● Exercise instructions: This exercise asks for every line of the material that contains the word "HostRuntime".

### Data supplied ###

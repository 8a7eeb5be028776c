//! The edges of the open table.
use model::{Figures, Refusal};
use std::test::Fail;
use tasks::Table;

const LARGEST: Figures = Figures {
    execution: 65535,
    suspension: 65535,
    deadline: 65535,
    period: 65535,
};

fn due(deadline: u16, period: u16) -> Figures {
    Figures {
        execution: 1,
        suspension: 0,
        deadline,
        period,
    }
}

#[test]
fn the_32nd_task_is_taken_and_the_33rd_refused(rt: HostRuntime) -> Result<(), Fail> {
    let mut table = Table::new();
    for number in 0..32 {
        assert_eq!(rt; table.add(LARGEST)?, number);
    }
    assert_eq!(rt; table.add(LARGEST), Err(Refusal::TableFull));
    assert_eq!(rt; table.count(), 32);
    Ok(())
}

#[test]
fn the_deadline_is_from_1_to_the_period(rt: HostRuntime) {
    let mut table = Table::new();
    assert_eq!(rt; table.add(due(5, 5)), Ok(0));
    assert_eq!(rt; table.add(due(6, 5)), Err(Refusal::DeadlineOutsidePeriod));
    assert_eq!(rt; table.add(due(0, 5)), Err(Refusal::DeadlineOutsidePeriod));
    assert_eq!(rt; table.add(due(1, 65535)), Ok(1));
}

#[test]
fn refusals_print_their_number_and_reason(rt: HostRuntime) -> Result<(), Fail> {
    let text = format!(in rt.alloc(); "{}", Refusal::LogFull)?;
    assert_eq!(rt; text.as_str(), "refused 12: the log is full");
    Ok(())
}
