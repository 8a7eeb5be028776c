//! Examples that are run, and compared with what they should give.
#![tactic(auto)]

#[cfg(test)]
mod order_rules;
#[cfg(test)]
mod runs;
#[cfg(test)]
mod sets;
#[cfg(test)]
mod tables;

###

● Result:
fn the_32nd_task_is_taken_and_the_33rd_refused(rt: HostRuntime) -> Result<(), Fail> {
fn the_deadline_is_from_1_to_the_period(rt: HostRuntime) {
fn refusals_print_their_number_and_reason(rt: HostRuntime) -> Result<(), Fail> {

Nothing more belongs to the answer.